The claim of lab-growers that only a smaller fraction of the cacao fruit is used is borne out of ignorance of the by-products of cocoa production. While it is true that only the seed of cacao is used to make chocolate, chocolate is not the only end-product of the cacao tree. Below are a few uses of other parts of the cacao fruit, which serve as extra income for farmers.
Cacao Pulp: The white pulp that surrounds the raw cacao bean is a source of nutritious cacao pulp juice. The same pulp when sweated out during bean fermentation can be used to make alcoholic drinks like gin and brandy.
The Cocoa Pod Husks: Cacao pod husk is rich in protein, fibres, potassium, and other minerals which can be formulated into animal feed, dietary fibre, soap, organic agrochemicals, and catalysts for biofuel production.
Cocoa Shell: Just like the pod husks, this fibrous coat removed from the bean before or after roasting is an ingredient for animal feed, being rich in protein, fibre, and antioxidants. It can also be used for baking and confections, and in biofuel production.
Although only a few countries account for most of the world’s cocoa, other growing areas are gaining traction and aid to boost production, according to this 2022 expert market research report. The same report highlights the increasing demand for organic and sustainable variants of cocoa, a trend that’s expected to only grow, with the demand for derivative products like non-for-chocolate-making cocoa butter expected to rise.
More may still need to be done to completely eradicate deforestation and child labour from cocoa farming, but we can applaud what has been done so far to ensure consumers continue to get their favourite treat and derivative products from shops and supermarket shelves with the supply chain intact.

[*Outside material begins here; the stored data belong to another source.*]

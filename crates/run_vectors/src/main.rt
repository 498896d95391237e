// Every stored run through the proved runner: the line that it answers against the stored line.
#![tactic(auto)]

ghost use Rattle.std.specs.Prelude.{◌≤◌, length};

use lines::{tally, window};
use std::io::Print;
use std::rt::Files;
use std::{fs, io};

// No vector is longer.
const VECTOR: usize = 32768;

// A proved loop has to end, and nothing says that a file does: no file has so many vectors.
const MOST: u64 = 1000000;

// How many bytes a vector has, 0 where there is none, and whether the answer is the stored one.
#[derive(Clone, Copy)]
struct Compared {
    used: usize,
    is_equal: bool,
}

fn compare(input: &[u8], store: &mut [u8], out: &mut [u8]) -> Compared
    ensures { result.used ≤ length input.now }
{
    let told = run_cases::answer(input, store, out);
    let (used, size) = told.map_or((0, 0), |told| (told.used, told.size));
    let rest = &input[used..];
    let line = window::line(rest);
    Compared {
        used: used + line,
        is_equal: &rest[..line] == &out[..size],
    }
}

fn compare_all<R: Files + Print>(
    rt: &R,
    name: &str,
    input: &mut [u8],
    store: &mut [u8],
    out: &mut [u8],
) -> io::Result<()> {
    let mut file = fs::open(rt, name)?;
    let mut at: usize = 0;
    let mut to = window::refill(&mut file, input, 0, 0);
    let mut compared: u64 = 0;
    let mut equal: u64 = 0;
    for number in 1..=MOST {
        if at == to {
            break;
        }
        let Compared { used, is_equal } = compare(&input[at..to], store, out);
        compared = number;
        equal = tally::counted(rt, is_equal, number, equal);
        let next = window::keep(&mut file, input, at + used, to, VECTOR);
        at = next.at;
        to = next.to;
    }
    tally::say(rt, name.as_bytes(), compared, equal);
    Ok(())
}

fn main(rt: HostRuntime) -> io::Result<()> {
    let mut input = [0u8; 65536];
    let mut store = [0u8; 65536];
    let mut out = [0u8; 4096];
    compare_all(&rt, "runs", &mut input, &mut store, &mut out)?;
    compare_all(&rt, "hercules-runs", &mut input, &mut store, &mut out)?;
    compare_all(&rt, "examples", &mut input, &mut store, &mut out)
}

Current trends have created passionate consumers who want to know where their food comes from and how it is farmed. These consumers want to buy and eat responsibly, knowing that their wallet is making the difference in the industry. This means sustainability issues are at the forefront of their attitude towards what they eat.
Fair Trade certification and direct trade labour to satisfy that demand without sacrificing the farmer and farm worker incomes. These sustainability efforts also mean a lot to the farmer who not only farms for a living but also for the passion of driving positive social change through their trade.
Lab-grown chocolate cuts off these social and economic benefits at the communal farming level.
Any connoisseur will tell you that there’s no particular chocolate flavour. This is because various factors influence the final product tastes, giving rise to a diversity in chocolate flavour. Bean origin (soil and farming techniques), fermentation and drying, and factory processes all contribute to giving that bar on your taste buds its unique taste.
That complexity contributes to the ‘specialness’ of the world’s favourite treat, giving consumers’ palate an array of different flavours. Are we going to cut this off by formulating everything in a test tube?
Sustainable without cutting off the farmer at the start of the supply chain. Great strides have been attained over the years, and much remains to be done, but a responsible solution to issues around sustainable cocoa can never be to deprive the farmer of his livelihood just to make chocolate eco-friendly.
Eco-friendly is not truly eco-friendly if it strips the producer of his means of living where they are viable alternatives to enable a better future for both producer and the environment. True sustainability should be both eco-friendly and farmer-friendly.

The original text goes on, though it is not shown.